//! What is told of a step, as a text.
use arrayvec::ArrayVec;
use ci_base::{Answer, Birth, Delivery, EventReply, Extra, Place, Reply, Status, Text, Value};
use itoa::Buffer;

/// A text that is cut where it passes 1,024 bytes, so that putting it needs no memory and can't fail.
#[derive(Drop)]
pub struct Shown {
    text: ArrayVec<u8, 1024>,
}

impl Shown {
    /// Nothing yet.
    pub fn new() -> Shown {
        Shown {
            text: ArrayVec::new(),
        }
    }

    pub fn as_str(&self) -> &str {
        match str::from_utf8(self.text.as_slice()) {
            Ok(text) => text,
            Err(_) => "not UTF-8",
        }
    }

    pub fn put(&mut self, text: &str) {
        let _fits = self.text.try_extend_from_slice(text.as_bytes());
    }

    fn text(&mut self, text: &Text) {
        self.put("\"");
        let _fits = self.text.try_extend_from_slice(text.bytes());
        self.put("\"");
    }

    pub fn number(&mut self, n: i64) {
        let mut buffer = Buffer::new();
        self.put(buffer.format(n));
    }

    fn value(&mut self, value: &Value) {
        match value {
            Value::Int(n) => self.number(i64::from(*n)),
            Value::Str(text) => self.text(text),
        }
    }

    /// An answer: value, code, and the element where there is one.
    fn answer(&mut self, answer: &Answer) {
        self.value(&answer.value);
        self.put(" ");
        self.number(i64::from(answer.code));
        match &answer.extra {
            Extra::Nothing => {}
            Extra::Element { sort, text } => {
                self.put(" ");
                self.number(i64::from(*sort));
                self.put(" ");
                self.text(text);
            }
        }
    }

    /// The reply to a task.
    pub fn reply(&mut self, reply: &Reply) {
        match reply {
            Reply::Answer(answer) => self.answer(answer),
            Reply::Waits => self.put("waits"),
            Reply::Ends => self.put("ends"),
        }
    }

    /// The reply to the script.
    pub fn event_reply(&mut self, reply: EventReply) {
        self.number(i64::from(reply.value));
        self.put(" ");
        self.number(i64::from(reply.code));
    }

    /// A task that was started: its number, that of its function, and its arguments.
    pub fn birth(&mut self, birth: &Birth) {
        self.put("; starts ");
        self.number(i64::from(birth.task));
        self.put(": ");
        self.number(i64::from(birth.function));
        self.put("(");
        for (at, value) in birth.args.values().iter().enumerate() {
            if at > 0 {
                self.put(", ");
            }
            self.value(value);
        }
        self.put(")");
    }

    /// The reply to a start from `Main` of the task with this number, and the start.
    pub fn start(&mut self, task: i64) {
        self.number(task);
        self.put(" 0; starts ");
        self.number(task);
        self.put(": 1()");
    }

    /// An answer to a task that waited.
    pub fn delivery(&mut self, delivery: &Delivery) {
        self.put("; ");
        self.number(i64::from(delivery.task));
        self.put(" gets ");
        self.answer(&delivery.answer);
    }

    /// How a task stands.
    pub fn status(&mut self, status: Status) {
        match status {
            Status::Ready => self.put("ready"),
            Status::Waits => self.put("waits"),
            Status::Ended(code) => {
                self.put("ended ");
                self.number(i64::from(code));
            }
            Status::Killed => self.put("killed"),
        }
    }

    /// Where it waits.
    pub fn place(&mut self, place: &Place) {
        match place {
            Place::Semaphore(number) => {
                self.put(" semaphore ");
                self.number(i64::from(*number));
            }
            Place::Queue(number) => {
                self.put(" queue ");
                self.number(i64::from(*number));
            }
            Place::Section(name) => {
                self.put(" section ");
                self.text(name);
            }
            Place::Clock => self.put(" clock"),
        }
    }
}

● WHAT THE TASK REQUIRES
Return exactly the lines that run from the top of the listing above to the line containing "#[derive(Drop)]", please, keeping both end lines and leaving out everything else.

● TASK RESULT
//! What is told of a step, as a text.
use arrayvec::ArrayVec;
use ci_base::{Answer, Birth, Delivery, EventReply, Extra, Place, Reply, Status, Text, Value};
use itoa::Buffer;

/// A text that is cut where it passes 1,024 bytes, so that putting it needs no memory and can't fail.
#[derive(Drop)]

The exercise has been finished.